Petani Asal Aceh Selatan Dituntut 13 Tahun Penjara, Kenapa Ya?

Dibaca:
Editor: dailysatu author photo

dailysatu.com - Terdakwa Fazlan Hoki petani asal Dusun Bineh Gunong, Desa Kreung Batu Kluet, Kabupaten Aceh Selatan, dituntut selama 13 Tahun Penjara oleh Penuntut Umum dari Kejatisu, Abdul Hakim Sori Muda Harahap dalam persidangan yang berlangsung diruang Cakra IX PN Medan secara Vidiocall Whatsapp, Rabu (21/4/2021).

Dihadapan Ketua Majelis Hakim Denny Lumban Tobing, penuntut umum dalam nota tuntutannya juga mewajibkan terdakwa untuk membayar denda sebesar Rp1 miliar subsider 6 bulan penjara.

Terdakwa terbukti memiliki sabu yang disimpan dalam dua plastik klip seberat 187,81 gram, sebagaimana yang terungkap dalam persidangan.

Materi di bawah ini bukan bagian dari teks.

// Nibbles of a run taken ahead, in pairs and in blocks, as far as no mark can end in them (paper 02, A5).
//
// In: a reader's head and its lent body, a run of nibbles and a place in it. Out: the head, and the place up to which the nibbles from there are
// taken; the body has their bytes. Nothing is taken at an odd count before the body's end, and where the body is not as long as the longest. Of the
// nibbles that are taken none brings an answer.
//
// A mark that ends at one of the next two nibbles shows in the window before they come: F at its nibbles 5, 4 and 3, counted from the newest,
// 0, and 0 at nibble 1. Where it does not, two nibbles are taken in one turn, and where the count of the text's nibbles is even, the two that
// leave the window are one byte of the text. Past the body no byte is kept, and any count will do.
//
// The window is the run's own last eight nibbles, once so many are taken. Then 32 nibbles are tested at once, in loops that go to their end and so are
// vectorised: where none of their windows shows a mark, what leaves the window is packed into the body, and the window made anew from the last eight.
// Beside pairs alone, a long body takes about a third of the time, and what stands past it as well. Cost: linear in the nibbles taken.

#![tactic(auto)]

ghost use Rattle.std.specs.Prelude.{◌≡◌, List, ◌⊎◌, true, false, ℕ, ◌≤◌, ◌<◌, ◌+◌, ◌*◌, ◌/◌, ◌%◌, length, get_or};
ghost use Rattle.profile.specs.Profile.{longest};
ghost use Rattle.run_ahead.specs.Ahead.{past_body, is_near, ahead_of, AheadGives};
ghost use Rattle.run_ahead.specs.Parts.{LeadsTo, Reaches, UpToPast, is_pair, byte_place, slide_byte, stray_after, stray_kept, byte_kept};
ghost use Rattle.run_ahead.specs.Blocks.{NibblesFrom, Apart, Far, FarOn, window_from, packed_into, later_count};

use mark_text::Kept;
use period::Nibbles;
use profile::Profile;
use reader_head::Head;

// A head after some nibbles of a run, and the place of the next.
#[derive(Clone, Copy)]
pub struct Reached {
    pub head: Head,
    pub at: usize,
}

// Takes nibbles two a turn, as far as no mark can end in them.
pub fn ahead(h: Head, body: &mut [u8], s: &[u8], from: usize) -> Reached
    ensures { AheadGives (ahead_of h body.old s.now from) result body.new }
{
    if body.len() != Profile::LONGEST {
        return Reached { head: h, at: from };
    }
    if s.len() <= from {
        return Reached { head: h, at: from };
    }
    let b = up_to_past(h, body, s, from);
    let past = b.head;
    if past.count < PAST {
        return b;
    }
    let at = b.at;
    past_body(past, s, at)
}

// The same up to the end of the body: nothing from there on, and nothing at an odd count.
fn up_to_past(h: Head, body: &mut [u8], s: &[u8], from: usize) -> Reached
    requires { (from ≤ length s.now) × (length body.old ≡ longest) }
    ensures { UpToPast s.now h body.old from result body.new }
{
    if PAST <= h.count {
        return Reached { head: h, at: from };
    }
    if h.count % 2 == 1 {
        return Reached { head: h, at: from };
    }
    let a = before_body(h, s, from);
    let begun = a.head;
    if begun.count < BODY {
        return a;
    }
    let at = a.at;
    in_body(begun, body, s, at)
}

// The count of a text's nibbles from which its body's bytes leave the window, and from which none is left to come.
const BODY: u32 = 14;

const PAST: u32 = BODY + 2 * Profile::LONGEST as u32;

// The count at which a text's nibbles are no longer counted.
const COUNT_STOP: u32 = Nibbles::MOST as u32 + 8;

// The nibbles of a block; and how many pairs are taken before the first is tried, so that where marks are dense none is tried in vain.
const BLOCK: usize = 32;

const FEW: usize = 6;

// The code of a text, and the two bytes after it.
fn before_body(h: Head, s: &[u8], from: usize) -> Reached
    requires { (from ≤ length s.now) × (h.count % 2 ≡ 0) }
    ensures { ((body : List ℕ) → Reaches 14 s.now h body from result body) × (result.head.count % 2 ≡ 0) }
{
    if BODY <= h.count {
        return Reached { head: h, at: from };
    }
    let end = sooner(s.len(), from, (BODY - h.count) as usize);
    let mut count = h.count;
    let mut window = h.window;
    let mut kept = h.kept;
    let mut i = from;
    // Not a for: each turn takes a pair, until none stands there.
    while is_pair(window, s, i, end) {
        kept = keep_byte(h.profile, count, top_byte(window), kept);
        window = slide_byte(window, s, i);
        count += 2;
        i += 2;
    }
    let head = Head {
        count,
        window,
        kept,
        ..h
    };
    Reached { head, at: i }
}

// The bytes of a text's body, in pairs; and after a few, and again after each block that can't be taken, in blocks.
fn in_body(h: Head, body: &mut [u8], s: &[u8], from: usize) -> Reached
    requires { (from ≤ length s.now) × (h.count % 2 ≡ 0) × (length body.old ≡ longest) × (14 ≤ h.count) }
    ensures { Reaches past_body s.now h body.old from result body.new }
{
    if PAST <= h.count {
        return Reached { head: h, at: from };
    }
    let place = ((h.count - BODY) / 2) as usize;
    let end = sooner(s.len(), from, 2 * (Profile::LONGEST - place));
    let mut window = h.window;
    let mut stray = h.kept.stray;
    let mut j = place;
    let mut i = from;
    let mut wait = FEW;
    // Not a for: each turn takes a pair, and some take blocks, until no pair stands there.
    while is_pair(window, s, i, end) {
        let b = top_byte(window);
        body[j] = b;
        stray = stray_after(stray, b);
        window = slide_byte(window, s, i);
        j += 1;
        i += 2;
        wait -= 1;
        if wait == 0 {
            wait = BLOCK / 2;
            let n = far_pairs(window, stray, s, i, end);
            if 0 < n {
                pack(s, i - 8, body, j, n);
                j += n;
                i += 2 * n;
                window = window_from(s, i - 8);
            }
        }
    }
    let kept = Kept { stray, ..h.kept };
    let count = BODY + 2 * j as u32;
    let head = Head {
        count,
        window,
        kept,
        ..h
    };
    Reached { head, at: i }
}

// What stands past a text's body, in the same way.
fn past_body(h: Head, s: &[u8], from: usize) -> Reached
    requires { (from ≤ length s.now) × (past_body ≤ h.count) }
    ensures { (body : List ℕ) → LeadsTo s.now h body from result.head body result.at }
{
    let end = s.len();
    let mut count = h.count;
    let mut window = h.window;
    let mut stray = h.kept.stray;
    let mut i = from;
    let mut wait = FEW;
    // Not a for: each turn takes a pair, and some take blocks, until no pair stands there.
    while is_pair(window, s, i, end) {
        stray = stray_after(stray, top_byte(window));
        window = slide_byte(window, s, i);
        count = reader_head::next_count(reader_head::next_count(count));
        i += 2;
        wait -= 1;
        if wait == 0 {
            wait = BLOCK / 2;
            let n = far_pairs(window, stray, s, i, end);
            if 0 < n {
                count = later_count(count, n);
                i += 2 * n;
                window = window_from(s, i - 8);
            }
        }
    }
    let kept = Kept { stray, ..h.kept };
    let head = Head {
        count,
        window,
        kept,
        ..h
    };
    Reached { head, at: i }
}

// The count of a text's nibbles with so many pairs more, held at its stop.
fn later_count(count: u32, pairs: usize) -> u32
    requires { 2 * pairs < 18446744073709551616 }
    ensures { result ≡ later_count pairs count }
{
    if COUNT_STOP <= count {
        return count;
    }
    if (COUNT_STOP - count) as usize <= 2 * pairs {
        return COUNT_STOP;
    }
    count + 2 * pairs as u32
}

// How many pairs from a place on are taken in blocks, up to an end: none where the window does not show the eight nibbles before.
fn far_pairs(window: u32, stray: bool, s: &[u8], from: usize, end: usize) -> usize
    requires { (end ≤ length s.now) × (from ≤ end) }
    ensures { (0 < result → FarOn window stray s.now from end result) × (result % 16 ≡ 0) }
{
    if from < 8 {
        return 0;
    }
    if end - from < BLOCK {
        return 0;
    }
    if 15 < most_of(s, from - 8, 8) {
        return 0;
    }
    if window != window_from(s, from - 8) {
        return 0;
    }
    let blocks = (end - from) / BLOCK;
    for block in 0..blocks {
        if !is_far(stray, s, from - 8 + BLOCK * block) {
            return BLOCK / 2 * block;
        }
    }
    BLOCK / 2 * blocks
}

// Whether a block can be taken behind the eight nibbles at a place: it has nibbles alone, no mark can end in it, and what leaves the window meanwhile
// is nothing but F, or a stray nibble is noted already.
fn is_far(stray: bool, s: &[u8], k: usize) -> bool
    requires { (k + 40 ≤ length s.now) × NibblesFrom s.now k 8 }
    ensures { result ≡ true → Far stray s.now k 32 }
{
    if 15 < most_of(s, k + 8, BLOCK) {
        return false;
    }
    if least_gap(s, k) == 0 {
        return false;
    }
    if stray {
        return true;
    }
    if 0 < most_off(s, k) {
        return false;
    }
    true
}

// A number that none of so many inputs from a place on is above.
fn most_of(s: &[u8], i: usize, n: usize) -> u8
    requires { i + n ≤ length s.now }
    ensures { (x : ℕ) → i ≤ x → x < i + n → get_or s.now x 0 ≤ result }
{
    let mut most: u8 = 0;
    for x in &s[i..i + n] {
        most = most.max(*x);
    }
    most
}

// A number that none of the nibbles of a block is farther from F.
fn most_off(s: &[u8], i: usize) -> u8
    requires { (i + 32 ≤ length s.now) × NibblesFrom s.now i 32 }
    ensures { (x : ℕ) → i ≤ x → x < i + 32 → 15 ≤ get_or s.now x 0 + result }
{
    let mut most: u8 = 0;
    for x in &s[i..i + BLOCK] {
        most = most.max(15 - *x);
    }
    most
}

// A number that none of the windows of a block is nearer to one before a mark.
fn least_gap(s: &[u8], i: usize) -> u8
    requires { (i + 40 ≤ length s.now) × NibblesFrom s.now i 40 }
    ensures { (x : ℕ) → i ≤ x → x < i + 32 → Apart result s.now x }
{
    let mut least: u8 = 255;
    for k in i..i + BLOCK {
        least = least.min(gap(s[k + 2], s[k + 3], s[k + 4], s[k + 6]));
    }
    least
}

// How far three nibbles and one more are from F, F, F and 0.
fn gap(a: u8, b: u8, c: u8, d: u8) -> u8
    requires { (a < 16) × (b < 16) × (c < 16) × (d < 16) }
    ensures { a + b + c + result ≡ 45 + d }
{
    45 + d - (a + b + c)
}

// Puts so many bytes of the run, from a place on, into a body, from its place j on, in blocks.
fn pack(s: &[u8], i: usize, body: &mut [u8], j: usize, n: usize)
    requires { (i + 2 * n ≤ length s.now) × (j + n ≤ length body.old) × NibblesFrom s.now i (2 * n) × (n % 16 ≡ 0) }
    ensures { body.new ≡ packed_into body.old j s.now i n }
{
    for block in 0..n / 16 {
        let k = 16 * block;
        pack_block(s, i + 2 * k, body, j + k);
    }
}

// One block: first into an array of its own, since a body might be the run itself, for all that the compiler knows.
fn pack_block(s: &[u8], i: usize, body: &mut [u8], j: usize)
    requires { (i + 32 ≤ length s.now) × (j + 16 ≤ length body.old) × NibblesFrom s.now i 32 }
    ensures { body.new ≡ packed_into body.old j s.now i 16 }
{
    let mut to = [0u8; 16];
    for k in 0..16 {
        to[k] = 16 * s[i + 2 * k] + s[i + 2 * k + 1];
    }
    body[j..j + 16].copy_from_slice(&to);
}

// The eight nibbles from a place on, as a window.
fn window_from(s: &[u8], i: usize) -> u32
    requires { (i + 8 ≤ length s.now) × NibblesFrom s.now i 8 }
    ensures { result ≡ window_from s.now i }
{
    let w = slide_byte(0, s, i);
    let w = slide_byte(w, s, i + 2);
    let w = slide_byte(w, s, i + 4);
    slide_byte(w, s, i + 6)
}

// Whether two nibbles stand at a place, before the end, in which no mark can end.
#[tactic(auto, unfolding(crate::specs::Parts::is_pair))]
fn is_pair(window: u32, s: &[u8], i: usize, end: usize) -> bool
    requires { (end ≤ length s.now) × (i ≤ end) }
    ensures { result ≡ is_pair window s.now i end }
{
    2 <= end - i && !is_near(window) && s[i] <= 15 && s[i + 1] <= 15
}

// Whether a mark may end at one of the next two nibbles.
#[tactic(auto, unfolding(crate::specs::Ahead::is_near))]
fn is_near(window: u32) -> bool
    ensures { result ≡ is_near window }
{
    window / 4096 % 4096 == 4095 && window / 16 % 16 == 0
}

// The end of a run, or of so many nibbles from a place on.
fn sooner(end: usize, from: usize, most: usize) -> usize
    requires { from ≤ end }
    ensures { (result ≤ end) × (from ≤ result) × (result ≤ from + most) × ((result ≡ end) ⊎ (result ≡ from + most)) }
{
    if end - from < most {
        return end;
    }
    from + most
}

// A window with the two nibbles at a place, and its oldest two gone.
fn slide_byte(window: u32, s: &[u8], i: usize) -> u32
    requires { (i + 2 ≤ length s.now) × (get_or s.now i 0 < 16) × (get_or s.now (i + 1) 0 < 16) }
    ensures { result ≡ slide_byte window (get_or s.now i 0) (get_or s.now (i + 1) 0) }
{
    window % 0x100_0000 * 256 + 16 * s[i] as u32 + s[i + 1] as u32
}

// The oldest two nibbles of a window.
fn top_byte(window: u32) -> u8
    ensures { result ≡ window / byte_place }
{
    (window / 0x100_0000) as u8
}

// Whether a nibble where a gap has nothing but F was another, with a byte more.
#[tactic(auto, unfolding(crate::specs::Parts::stray_after))]
fn stray_after(stray: bool, byte: u8) -> bool
    ensures { result ≡ stray_after stray byte }
{
    byte < 255 || stray
}

// What is kept with the byte that leaves the window at an even count up to the body.
fn keep_byte(profile: Profile, count: u32, byte: u8, kept: Kept) -> Kept
    ensures { result ≡ byte_kept profile count byte kept }
{
    if count < 10 {
        return kept;
    }
    let stray = stray_kept(profile, kept.stray, byte);
    if count == 10 {
        return Kept {
            first: byte,
            stray,
            ..kept
        };
    }
    Kept {
        second: byte,
        stray,
        ..kept
    }
}

// The same of the two bytes after the code: in profile 1 a gap's own.
fn stray_kept(profile: Profile, stray: bool, byte: u8) -> bool
    ensures { result ≡ stray_kept profile stray byte }
{
    match profile {
        Profile::VV5404 => stray_after(stray, byte),
        Profile::VV5300 => stray,
    }
}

Fakta yang terungkap bahwa Fazlan ditangkap saat menunggu dikawasan Jalan Lintas Subulussalam-Sidikalang Kelurahan Batang Beruh Kecamatan Sidikalang, Kabupaten Dairi, Sumut pada 09 November 2020 silam.

Penangkapan yang dilakukan oleh saksi Maruba H. Silalahi, dan Dedek Harahap bersama Team Unit 3 Subdit III Ditresnarkoba Polda Sumut dipimpin oleh AKP Zulkarnain,SH, langsung menangkap terdakwa saat itu juga.

Pengakuan terdakwa sewaktu menjalani pemeriksaan mengaku sebagai kurir baik itu mengambil barang kemudian mengantarnya kepada pemesan.

"Sabu seberat 187,81 gram merupakan milik Deni (DPO) yang nanti akan diserahkan kepada Rahmat (DPO) yang menunggunya dikawasan Kota Fajar Kecamatan Tapak Tuan Kabupaten Aceh Selatan dengan imbalan Rp4 juta," ujarnya sembari menyebutkan bahwa keberadaan terdakwa telah dipantau oleh tim Ditresnarkoba Poldasu.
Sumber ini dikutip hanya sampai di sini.